With the 2012 campaigns not far off, the departures of these incumbents are shaking things up. Here's how.

2. Ben Nelson (D) of Nebraska

Susan Walsh/AP/File
Sen. Ben Nelson (D) talks to reporters on Capitol Hill in Washington, Feb. 11, 2009. With the announcement of Nelson's retirement, Democrats worry about their ability to keep control of Senate in 2012.

The Democrat from Nebraska announced Dec. 27 that he would not seek reelection in 2012. A centrist, he parted company with fellow Democrats on several key votes, such as DREAM Act legislation to give some children of illegal immigrants a path to US citizenship. He backed the Bush tax cuts, and helped negotiate their passage in the Senate. He sat on the fence a long time over health-care reform, but finally provided the vote Democrats needed to hand President Obama the major domestic policy victory of his tenure. 

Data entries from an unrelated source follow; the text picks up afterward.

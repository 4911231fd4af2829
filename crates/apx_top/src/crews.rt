//! Runs by worker threads: what they print is what one thread prints.
ghost use Rattle.std.specs.Prelude.{IsTrue};

use super::*;
use apx_device::{
    FailingKeeper, Keeper, MemoryFolder, MemoryKeeper, MemoryOut, MemorySpools, MemoryVault, NoGate,
};
use std::alloc::Global;
use std::sync::Wait;
use std::test::Fail;
use std::thread::Threads;

/// Counts the words of in.txt in four partitions, ten lines to a window.
const ORDINARY: &str = r#"{"operators": [
  {"name": "read", "class": "lines", "properties": {"file": "in.txt", "perWindow": 10}},
  {"name": "split", "class": "words"},
  {"name": "tally", "class": "count", "attributes": {"PARTITIONS": 4}},
  {"name": "out", "class": "store"}],
 "streams": [
  {"name": "s1", "source": {"operatorName": "read", "portName": "output"},
   "sinks": [{"operatorName": "split", "portName": "input"}]},
  {"name": "s2", "source": {"operatorName": "split", "portName": "output"},
   "sinks": [{"operatorName": "tally", "portName": "input"}]},
  {"name": "s3", "source": {"operatorName": "tally", "portName": "output"},
   "sinks": [{"operatorName": "out", "portName": "input"}]}]}"#;

/// What a call left: its status, what both outputs have got, how many windows are stored, how many entries its journal has,
/// and the greatest number of a worker in it.
#[derive(Drop)]
struct Left {
    status: u8,
    out: Vec<u8>,
    err: Vec<u8>,
    stored: u32,
    entries: usize,
    greatest: u8,
}

/// How many entries a history has, and the greatest number of a worker in it.
fn counted(history: &History) -> (usize, u8) {
    match history {
        History::Nothing => (0, 0),
        History::Core(journal) => {
            let mut greatest = 0;
            for entry in journal.journal().entries() {
                greatest = greatest.max(entry.worker);
            }
            (journal.journal().entries().len(), greatest)
        }
    }
}

/// What these words leave over an application, an input and a script, with a keeper.
fn leaves_with<R: Threads + Wait + Sync, K: Keeper + Drop + Send>(
    rt: &R,
    alloc: Global,
    given: &[&str],
    files: &[(&str, &str)],
    keeper: K,
) -> Result<Left, Fail>
    requires { IsTrue (K.sound keeper) }
{
    let mut folder = MemoryFolder::new(alloc);
    for (name, text) in files {
        folder.add(alloc, name, Vec::from_slice(alloc, text.as_bytes())?)?;
    }
    let mut words = Vec::new(alloc);
    for word in given {
        words.push(String::from_str(alloc, word)?)?;
    }
    let devices = Devices {
        keeper,
        vault: MemoryVault::new(alloc),
        spools: MemorySpools::new(alloc),
    };
    let (mut out, mut err) = (MemoryOut::new(alloc), MemoryOut::new(alloc));
    let ended = apex_main(
        rt,
        alloc,
        &words,
        &mut folder,
        &NoGate,
        devices,
        &mut out,
        &mut err,
    );
    let (entries, greatest) = counted(&ended.journal);
    Ok(Left {
        status: ended.status,
        out: Vec::from_slice(alloc, out.written())?,
        err: Vec::from_slice(alloc, err.written())?,
        stored: ended.devices.keeper.last(),
        entries,
        greatest,
    })
}

/// What these words leave over devices in memory.
fn leaves<R: Threads + Wait + Sync>(
    rt: &R,
    alloc: Global,
    given: &[&str],
    files: &[(&str, &str)],
) -> Result<Left, Fail> {
    leaves_with(rt, alloc, given, files, MemoryKeeper::new(alloc))
}

#[test]
fn workers_print_what_one_thread_prints(rt: HostRuntime) -> Result<(), Fail> {
    let alloc = rt.alloc();
    for (script, lines) in [
        ("", "kills 0\nrepartitions 0\n"),
        ("kill staged 5 0 tally\n", "kills 1\nrepartitions 0\n"),
        (
            "kill written 3 0 out\nrepartition 4 3 tally\nkill done 5 2 tally\n",
            "kills 2\nrepartitions 1\n",
        ),
    ] {
        let files = [
            ("app.json", runs::SINGLE),
            ("in.txt", runs::SIX),
            ("script", script),
        ];
        for threads in ["1", "2", "4", "16"] {
            let given = [
                "run",
                "app.json",
                "--script",
                "script",
                "--checkpoint",
                "2",
                "--threads",
                threads,
            ];
            let left = leaves(&rt, alloc, &given, &files)?;
            assert_eq!(rt; (left.status, left.stored), (0, 6));
            assert_eq!(rt; std::str::from_utf8(&left.out)?, runs::SIX_TEXT);
            let report = std::str::from_utf8(&left.err)?;
            assert!(rt; report.starts_with("windows 6\nrows 6\n"));
            assert!(rt; report.contains(lines));
            assert!(rt; report.ends_with("committed 6\n"));
            assert!(rt; left.greatest < 16);
        }
    }
    Ok(())
}

#[test]
fn two_windows_of_words_are_counted_by_workers(rt: HostRuntime) -> Result<(), Fail> {
    let alloc = rt.alloc();
    let files = [
        ("app.json", tests::WORDS_COUNTED),
        ("in.txt", "a b\na\nc a\n"),
    ];
    for words in [&["mean", "app.json"][..], &["run", "app.json"][..]] {
        let left = leaves(&rt, alloc, words, &files)?;
        assert_eq!(rt; left.status, 0);
        assert_eq!(rt;
            std::str::from_utf8(&left.out)?,
            "window 1 4294967296000000000 2\na\t2\nb\t1\nwindow 2 4294967296000000001 2\na\t3\nc\t1\n"
        );
    }
    let left = leaves(
        &rt,
        alloc,
        &["run", "app.json"],
        &[("app.json", tests::WORDS_COUNTED), ("in.txt", "")],
    )?;
    assert_eq!(rt; (left.status, left.out.len(), left.entries), (0, 0, 1));
    Ok(())
}

#[test]
fn workers_and_one_thread_print_two_hundred_windows(rt: HostRuntime) -> Result<(), Fail> {
    let alloc = rt.alloc();
    let mut input = String::new(alloc);
    for line in 1..2001u32 {
        let text = format!(in alloc; "the quick w{}\n", line % 10)?;
        input.push_str(&text)?;
    }
    let files = [("app.json", ORDINARY), ("in.txt", input.as_str())];
    let simulated = leaves(&rt, alloc, &["sim", "app.json"], &files)?;
    let done = leaves(&rt, alloc, &["run", "app.json"], &files)?;
    assert_eq!(rt; (simulated.status, done.status), (0, 0));
    assert_eq!(rt; (simulated.stored, done.stored), (200, 200));
    assert!(rt; done.out.as_slice() == simulated.out.as_slice());
    let report =
        "windows 200\nrows 2400\nstarts 1400\nwrites 200\nsaves 21\nkills 0\nrepartitions 0\ncommitted 180\n";
    assert_eq!(rt; std::str::from_utf8(&simulated.err)?, report);
    assert_eq!(rt; std::str::from_utf8(&done.err)?, report);
    assert_eq!(rt; simulated.greatest, 0);
    assert!(rt; done.greatest < 4);
    Ok(())
}

#[test]
fn what_is_refused_of_one_thread_is_refused_of_workers(rt: HostRuntime) -> Result<(), Fail> {
    let alloc = rt.alloc();
    let files = [
        ("app.json", runs::SINGLE),
        ("in.txt", runs::SIX),
        ("script", "kill staged 5 2 tally\n"),
    ];
    for (given, status, err) in [
        (
            &["run", "app.json", "--threads", "17"][..],
            1,
            "apex: not a command\n",
        ),
        (
            &["run", "app.json", "--threads", "0"][..],
            1,
            "apex: not a command\n",
        ),
        (
            &["run", "app.json", "--order", "1"][..],
            1,
            "apex: not a command\n",
        ),
        (&["run", "no.json"][..], 3, "apex: no file no.json\n"),
        (
            &["run", "app.json", "--script", "script"][..],
            7,
            "apex: script line 1 refused: S9\n",
        ),
    ] {
        let left = leaves(&rt, alloc, given, &files)?;
        assert_eq!(rt; std::str::from_utf8(&left.err)?, err);
        assert_eq!(rt;
            (left.status, left.out.len(), left.stored, left.entries),
            (status, 0, 0, 0)
        );
    }
    Ok(())
}

#[test]
fn a_store_that_fails_stops_all_workers(rt: HostRuntime) -> Result<(), Fail> {
    let alloc = rt.alloc();
    let keeper = FailingKeeper::new(MemoryKeeper::new(alloc), [2].to_vec(alloc)?, false);
    let files = [("app.json", runs::SINGLE), ("in.txt", runs::SIX)];
    let left = leaves_with(&rt, alloc, &["run", "app.json"], &files, keeper)?;
    assert_eq!(rt;
        std::str::from_utf8(&left.err)?,
        "apex: sink store failed\n"
    );
    assert_eq!(rt; (left.status, left.out.len(), left.stored), (9, 0, 1));
    Ok(())
}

Senator Nelson was expected to face tough competition in 2012, but he had prevailed before in difficult contests. In announcing his decision to retire, Nelson said simply, "It's time to move on." He urged successors to "look for common ground and to work together in bipartisan ways to do what’s best for the country, not just one political party.” 

He previously served two terms as governor of Nebraska. He was elected to the Senate in 2000.